Yeah, I’m angry. I’m angry about the new “enforcement” of the tackles against “defenseless” players rule. I’m angry, but not for the reasons that you may think.

I understand that at all levels of football, there is a movement to reduce head injuries. Good. I’m all for it. By all means, make the game safer. However, it can be done within the confines of keeping the game the way it was meant to be played.

Here is my problem: In Roger Goodell, we have a commissioner that has neither the experience nor the ethics to enforce this rule.

Let's look at the ethical problem that we face with this enforcement. Goodell has been adamant in his push for an 18-game season. He wishes to do this by eliminating two preseason games. You see, Goodell notices all those empty seats at the preseason games, and that monetary calculator that he had installed in place of an actual brain starts counting the missing revenue in each seat. Therefore, his logical conclusion is to extend the season.

Now the commissioner would have us believe that with every hard hit he now places one hand over his heart and gets teary eyed over those poor young men in which he is emotionally vested. Excuse me why I stick a finger down my throat.

Goodell knows that an extension of the season by two games raises the risk of injury to a starting player by approximately 15%. While talking out of one side of his mouth about how much he cares, he is pushing an agenda that is detrimental to the health of the players. His hypocrisy is amplified by the fact that he is using this new enforcement as actual leverage for adding two games. By his logic, the crackdown on hard hits will enable players to play more games. Again, he ignores the fact that not all hard hits are illegal and that more games will take a greater toll on the body of EVERY starter, not just those who receive those hits.

Perhaps Goodell’s lack of ethics is even more obvious in the fact that after being approached over and over again into investing more money into post retirement pensions and medical plans, he has balked every time at placing any of the billions of dollars of profit into helping players after they leave the game. If he is so emotionally vested, then where is the sympathy and support for those players who spent a career making the NFL the most lucrative sport in the world? The NFL has no problem cashing in on the DVDs that celebrate the hard hits these players inflicted or received while playing, so please explain how a person with even the slightest bit of morality can not only ignore those players now, but also wave a tear soaked hanky at those same sort of plays made last week.

The newest decision coming from the commissioner’s office is just another arbitrary ruling made by a man who is painfully showing his lack of practical football experience. Make no mistake about it, a commissioner who had played the game would have approached this issue in a different way. Goodell would have us believe that every time the head of a defenseless player is hit, it’s a penalty. Even the most casual of fans know that NFL football is played at such a level that it is impossible to stop trajectory, or predict how the ball carrier is going to react. If this ruling is all about “following the rules”, then enforce the holding calls that hamstring defensive players. Goodell is not going to do that. It was never any more about the “rules” then it was about “caring”. It's about justifying his agenda.
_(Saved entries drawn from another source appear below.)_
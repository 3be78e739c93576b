// A list of at most N items in fixed memory: the first `count` entries are its items, and the others are filler.
// The kit's `ArrayVec` is such a list too, but it is not `Copy`, so that a struct that holds one, as a job or a fleet, can't be.
#![tactic(auto)]

ghost use Rattle.std.specs.Prelude.{◌≡◌, ◌<◌, ◌≤◌, ◌↔◌, [], ◌∷◌, ◌++◌, length, IsOk, OnOk, OnErr, ⊤};

use std::alloc::AllocError;

pub struct Few<T, const N: usize> {
    items: [T; N],
    count: usize,
    ghost few: { count ≤ N },
    // said again, as lemmas see the list alone and not its type
    ghost whole: { length items ≡ N },
}

// By hand: over ghost fields there is no derive for items of any type.
impl<T: Copy, const N: usize> Clone for Few<T, N> {
    ghost is_clone = { λ few copy. copy ≡ few };

    ghost is_infallible = { λ _. ⊤ };

    fn clone(&self) -> Result<Self, AllocError> {
        Ok(*self)
    }
}

impl<T: Copy, const N: usize> Copy for Few<T, N> {}

// There is no room for one item more.
#[derive(Clone, Copy, PartialEq, Debug)]
pub struct Full;

impl<T: Copy, const N: usize> Few<T, N> {
    ghost use Rattle.few.specs.Told.{told};

    // No item yet.
    pub fn new(filler: T) -> Few<T, N>
        ensures { told result ≡ [] }
    {
        Few {
            items: [filler; N],
            count: 0,
        }
    }

    pub fn len(&self) -> usize
        ensures { result ≡ length (told self.now) }
    {
        self.as_slice().len()
    }

    pub fn as_slice(&self) -> &[T]
        ensures { result.now ≡ told self.now }
    {
        &self.items[..self.count]
    }

    // One item more, after those before; none where there is no room.
    pub fn push(&mut self, item: T) -> Result<(), Full>
        ensures room { IsOk result ↔ (length (told self.old) < N) }
        ensures added { OnOk result (told self.new ≡ told self.old ++ item ∷ []) }
        ensures kept { OnErr result (self.new ≡ self.old) }
    {
        if self.count == N {
            return Err(Full);
        }
        self.items[self.count] = item;
        self.count += 1;
        Ok(())
    }
}

#[cfg(test)]
mod tests {
    use super::*;
    use std::test::Fail;

    #[test]
    fn a_third_of_two_has_no_room(rt: HostRuntime) -> Result<(), Fail> {
        let mut few: Few<u8, 2> = Few::new(0);
        assert_eq!(rt; few.len(), 0);
        assert_eq!(rt; few.push(7), Ok(()));
        assert_eq!(rt; few.push(8), Ok(()));
        assert_eq!(rt; few.push(9), Err(Full));
        assert_eq!(rt; few.len(), 2);
        assert_eq!(rt; few.as_slice(), [7, 8].as_slice());
        Ok(())
    }

    #[test]
    fn a_copy_goes_its_own_way(rt: HostRuntime) -> Result<(), Fail> {
        let mut few: Few<u8, 3> = Few::new(0);
        let _ = few.push(1);
        let copy = few;
        let _ = few.push(2);
        assert_eq!(rt; copy.as_slice(), [1].as_slice());
        assert_eq!(rt; few.as_slice(), [1, 2].as_slice());
        Ok(())
    }
}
Be prepared for the result of the pressure that is going to be laid at the feet of the NFL refs. There is no way that Goodell will allow the brunt of this ruling to continue to be piled at his door. You can bet that he has already spoken to the head of officiating and mandated that they start enforcing his ruling. From the viewpoint of the fan this is going to mean we will have to endure refs (who are only human) to make educated guesses as to what just happened in a bang-bang play. Was it a hit to the shoulder or the head? With the right amount of pressure applied by the commissioner, the refs are going to err on the side of job security. That means a 15-yard penalty and an automatic first down for every “guess” made by the officials. This is the end result of a commissioner that has no idea of how to differentiate between the inherent violence of the game and a legitimate intent to cause harm.

No one wants to see players injured. Anyone who pretends to think that there is a portion of fans who do is simply building a strawman argument. What fans want is a commissioner who is less arbitrary and less money driven. Let all the decisions that come out of Goodell’s office be less about how he can put finances before
fans, and all of us will be able to take the medicine, knowing that it's sweetened with good intentions.